Bibliotecaria o mayoral?

María Matienzo Puerto

Estudiante. Foto: Caridad

Yo, que me siento como Penélope, que tejo y destejo mi vida diariamente esperando un cambio, que he visto irse y venir a mucho mundo, no dejo de padecer la indignación del despotismo ilustrado.

No sé si por mi facha (con jeans gastados, blusa larga con motivos africanos, moño recogido para evitar el calor, piel negra tersa, ojos café) pero creo causar una suerte de repulsión a ciertas personas.
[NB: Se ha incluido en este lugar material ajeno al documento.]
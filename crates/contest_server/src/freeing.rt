ghost use Rattle.std.specs.Prelude.{◌≡◌, ◌≤◌};
ghost use Rattle.std.specs.VecDeque.{deque_len};
ghost use Rattle.contest_server.specs.Lanes.{starts_of, AreLanes};

use crate::bell::{Bell, PLACES, Places};
use crate::desk::Desk;
use crate::lanes::{Worker, settle_at};
use crate::service::{Service, Watches};
use case_run::Cases;
use contest_page::Shows;
use farm_board::Admission;
use farm_io::{Clock, Door, Peer, Sink, Source};
use judge_feed::Naming;
use std::collections::VecDeque;
use std::sync::Wait;
use std::thread::Threads;

/// Joins the workers that are done.
fn settle_done<
    's,
    R: Threads,
    N: Source + Sink + Peer + Drop,
    A: Admission,
    C: Clock,
    Q: Cases + Shows,
    J: Naming,
>(
    service: &Service<'s, R, A, C, Q, J>,
    places: &mut Places,
    lanes: &mut VecDeque<Worker<N, A, C, Q, J>>,
    count: u64,
    done: [bool; PLACES],
)
    requires lanes { AreLanes (⟦<Service<'s, R, A, C, Q, J> as Watches<N>>⟧.watched service.now)
        service.now.clock.now service.now.cases.now lanes.old.items }
    ensures starts { starts_of lanes.new.items ≡ starts_of lanes.old.items }
    ensures lanes { AreLanes (⟦<Service<'s, R, A, C, Q, J> as Watches<N>>⟧.watched service.now)
        service.now.clock.now service.now.cases.now lanes.new.items }
    ensures len { deque_len lanes.new ≡ deque_len lanes.old }
{
    for place in 0..PLACES {
        if done[place]
            && let Some(before) = places.leave(place)
        {
            let told = count.saturating_sub(lanes.len() as u64);
            let index = before.saturating_sub(told);
            settle_at(service, lanes, index as usize);
        }
    }
}

/// Asks the connections that are being served to close, in the order in which they came and each a moment behind the one
/// before it, until a worker is done. Says which ones are.
fn ask_in_order<W: Wait, D: Door>(
    rt: &W,
    bell: &Bell,
    door: &mut D,
    places: &Places,
) -> [bool; PLACES]
    ensures kept { D.state door.new ≡ D.state door.old }
    ensures later { D.faults door.old ≤ D.faults door.new }
{
    let mut others = 0;
    for _ in 0..PLACES {
        let Some(before) = places.first_behind(others) else {
            return bell.await_any(rt);
        };
        door.ask_to_close(before);
        let done = bell.heard_soon(rt);
        if done.contains(&true) {
            return done;
        }
        others = before.saturating_add(1);
    }
    bell.await_any(rt)
}

/// Joins the workers that are done. Where as many as there may be are at work, one of them is waited for, and the
/// connections are asked to close, the first one at first.
pub(crate) fn free_place<
    's,
    R: Threads + Wait,
    D: Door,
    K: Sink,
    A: Admission,
    C: Clock,
    Q: Cases + Shows,
    J: Naming,
>(service: &Service<'s, R, A, C, Q, J>, desk: &mut Desk<'_, '_, '_, D, K, A, C, Q, J>, count: u64)
where
    D::Conn: Drop,
    requires lanes { AreLanes (⟦<Service<'s, R, A, C, Q, J> as Watches<D::Conn>>⟧.watched service.now)
        service.now.clock.now service.now.cases.now desk.old.lanes.items }
    ensures kept { D.state desk.new.door.now ≡ D.state desk.old.door.now }
    ensures later { D.faults desk.old.door.now ≤ D.faults desk.new.door.now }
    ensures starts { starts_of desk.new.lanes.items ≡ starts_of desk.old.lanes.items }
    ensures lanes { AreLanes (⟦<Service<'s, R, A, C, Q, J> as Watches<D::Conn>>⟧.watched service.now)
        service.now.clock.now service.now.cases.now desk.new.lanes.items }
    ensures out { desk.new.out.now ≡ desk.old.out.now }
    ensures pass { desk.new.pass.now ≡ desk.old.pass.now }
    ensures len { deque_len desk.new.lanes ≡ deque_len desk.old.lanes }
    ensures same { (desk.new.door.ghost_name ≡ desk.old.door.ghost_name) × (desk.new.out.ghost_name ≡ desk.old.out.ghost_name)
        × (desk.new.pass.ghost_name ≡ desk.old.pass.ghost_name) }
{
    let heard = service.bell.heard(service.rt);
    settle_done(service, &mut desk.places, &mut desk.lanes, count, heard);
    if desk.places.count() < usize::from(service.workers) {
        return;
    }
    let done = ask_in_order(service.rt, service.bell, desk.door, &desk.places);
    settle_done(service, &mut desk.places, &mut desk.lanes, count, done);
}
Claro que después que asumo un yo prepotente, intelectual y autosuficiente, o sea, pregono mi currículum vitae, el panorama varía; sin embargo siempre tengo que respirar con profundidad y contar hasta el infinito para que no sea mi yo de cimarrona (negra con machete en mano dispuesta a todo por tal de hacer valer sus derechos) quien quiera asumir mis actos.

Hay ciertos tipos de personalidades que se repinten como espiral en la historia de una nación. Por ejemplo, los mayorales, que con cierto grado de instrucción eran contratados por los esclavistas para que azotaran al negro esclavo y así garantizaran el corte de caña, o los que sirvieron en las tropas de los españoles para rastrear al Ejército Libertador.  De esos todavía los hay por acá.

Son tantos los oficios que se prestan para estas prácticas que ni contando con mis dedos y los de veinte personas más me podrían alcanzar para enumerarlos. Pero si hay alguno desde los que se puedan realizar a plenitud este tipo de personalidad es desde el de bibliotecario.

Ya sé que cualquiera que haya leído otros diarios míos dirá que tengo cierta obsesión con ellos pero resulta que cuando uno se mueve entre libros esas son las personas con las que más suele tropezar. Ya sé que hay algunos, quizás muchos, que como albaceas de la cultura merecen todo el reconocimiento posible. Eso no lo niego, mas no es el caso de la señora que atiende en la sede de la UNESCO acá en La Habana.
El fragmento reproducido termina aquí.